Lebih mencengangkan lagi karena tujuan sebenarnya proses pemidanaan dan laporan polisi tersebut adalah ‘untuk mengambil hak asuh anak’ yang telah diputuskan oleh pengadilan dan berkekuatan hukum tetap.

Kasus mencuat pada Agustus 2021 saat WF menerima Surat Laporan Polisi dari Polres Jakarta Barat atas laporan dari mantan suaminya mengenai dugaan Pasal 378 KUHP tentang Penipuan bahwa Ibu WF memperoleh sejumlah uang secara curang antara Maret hingga Agustus 2021, juga perihal pengabulan perceraian sepihak tanpa diketahui RL.

Fakta yang sebenarnya adalah Ibu WF dikirimi sejumlah uang oleh RL yang disimpulkan sebagai nafkah dari RL untuk anak-anaknya sebagaimana yang dianjurkan oleh peraturan. Sebelumnya, persidangan perceraian dan hak asuh anak untuk Ibu WF diputus verstek (putusan tanpa kehadiran tergugat) secara sah melalui Putusan Pengadilan Negeri Jakarta Barat pada Maret 2021 dan telah berkekuatan hukum tetap.

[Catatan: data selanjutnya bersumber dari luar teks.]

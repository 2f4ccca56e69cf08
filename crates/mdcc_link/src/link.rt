//! A link for datagrams.
ghost use Rattle.std.specs.Prelude.{◌≡◌, ℕ, Bool, List, length, IfSome, Option, OnOk};
ghost use Rattle.mdcc_base.specs.Causes.{HasCause};
ghost use Rattle.mdcc_link.specs.Link.{LinkCall, AddsLinkCall, ReceivesAtMost, brought};
ghost use Rattle.mdcc_link.specs.Link.LinkCall.{Bind, Send, Receive};

use mdcc_base::{Address, Failed};

/// What a receive found.
#[derive(Clone, Copy, Debug, PartialEq, Eq)]
pub enum Received {
    /// A datagram, or the first bytes of one that did not fit: so many bytes in the buffer.
    Got(usize),
    /// No datagram came.
    Nothing,
}

/// A link for datagrams, which are sent from and received at numbered endpoints. A datagram may be lost, repeated or late. A
/// link may record its calls or not; real sockets do not. A receive that fails may have left anything in its buffer.
pub trait Link {
    /// The calls with their answers, where they are recorded.
    ghost calls: { Self → Option (List LinkCall) };

    /// How often a send failed.
    ghost lost: { Self → ℕ };

    /// How often a bind or a receive failed.
    ghost faults: { Self → ℕ };

    /// Whether a datagram waits at an endpoint, where that is known. Of real sockets nothing is: what comes may come at any moment.
    ghost waiting: { Self → ℕ → Option Bool };

    /// Lets the endpoint receive what is sent to the address.
    fn bind(&mut self, at: u8, address: Address) -> Result<(), Failed>
        ensures call { AddsLinkCall (Bind at address result) (calls self.old) (calls self.new) result }
        ensures cause { HasCause (faults self.old) (faults self.new) result }
        ensures only { OnOk result (faults self.new ≡ faults self.old) }
        ensures sends { lost self.new ≡ lost self.old };

    /// Sends a datagram from an endpoint.
    fn send(&mut self, from: u8, to: Address, bytes: &[u8]) -> Result<(), Failed>
        ensures call { AddsLinkCall (Send from to bytes.now result) (calls self.old) (calls self.new) result }
        ensures cause { HasCause (lost self.old) (lost self.new) result }
        ensures only { OnOk result (lost self.new ≡ lost self.old) }
        ensures receives { faults self.new ≡ faults self.old };

    /// Takes a datagram that waits at the endpoint, or waits for one: at most as long as `set_wait` said last. One that is longer
    /// than the buffer gives its first bytes.
    fn receive(&mut self, at: u8, into: &mut [u8]) -> Result<Received, Failed>
        ensures bound { ReceivesAtMost result (length into.new) }
        ensures call { AddsLinkCall (Receive at (length into.new) result (brought result into.new)) (calls self.old) (calls self.new) result }
        ensures cause { HasCause (faults self.old) (faults self.new) result }
        ensures only { OnOk result (faults self.new ≡ faults self.old) }
        ensures sends { lost self.new ≡ lost self.old };

    /// Whether a datagram is known to wait at the endpoint, so that the next receive there need not wait. It is no call: nothing is
    /// taken, and nothing of it is recorded.
    fn waits(&self, at: u8) -> bool
        ensures { IfSome (waiting self.now at) (λ known. result ≡ known) };

    /// Lets each later receive wait for so many milliseconds at most. It is no call either: nothing of it is recorded, and it cannot
    /// fail.
    fn set_wait(&mut self, milliseconds: u16)
        ensures calls { calls self.new ≡ calls self.old }
        ensures sends { lost self.new ≡ lost self.old }
        ensures receives { faults self.new ≡ faults self.old };
}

Kejanggalan hukum yang harus digarisbawahi adalah Polres Jakarta Barat menetapkan Ibu WF sebagai tersangka terkait kasus tersebut pada Juli 2022 secara tiba-tiba tanpa ada mekanisme hukum yang seharusnya Ibu WF jalani.

Menurut Abdur Aflah pengacara senior dari kantor pengacara AM Oktarina Counsellor at Law, terdapat banyak kejanggalan dari proses administrasi kepolisian ini.

“Pertama, bukti yang dijadikan transfer tidak terkait dengan penipuan, tapi terkait dengan nafkah anak. Kedua, bukti transfer yang diberikan bukan bukti transfer yang dilakukan langsung oleh pelapor ataupun kuasa pelapor dimana hal ini jelas bertentangan dengan fakta hukum bahwa pelapor merupakan korban,” ujarnya dalam keterangan tertulis yang diterima Inilah.com di Jakarta, Rabu (19/10/2022).

Abdur menjelaskan, fakta juga menunjukkan bahwa proses mediasi malah digunakan oleh pelapor ‘sebagai mekanisme paksaan untuk memaksa Ibu WF untuk menyerahkan anaknya melalui suatu perjanjian’. Hal ini jelas bertentangan dengan hukum dan merupakan bentuk kriminalisasi yang dilakukan oleh pihak RL sebagai mantan suami Ibu WF,” papar dia.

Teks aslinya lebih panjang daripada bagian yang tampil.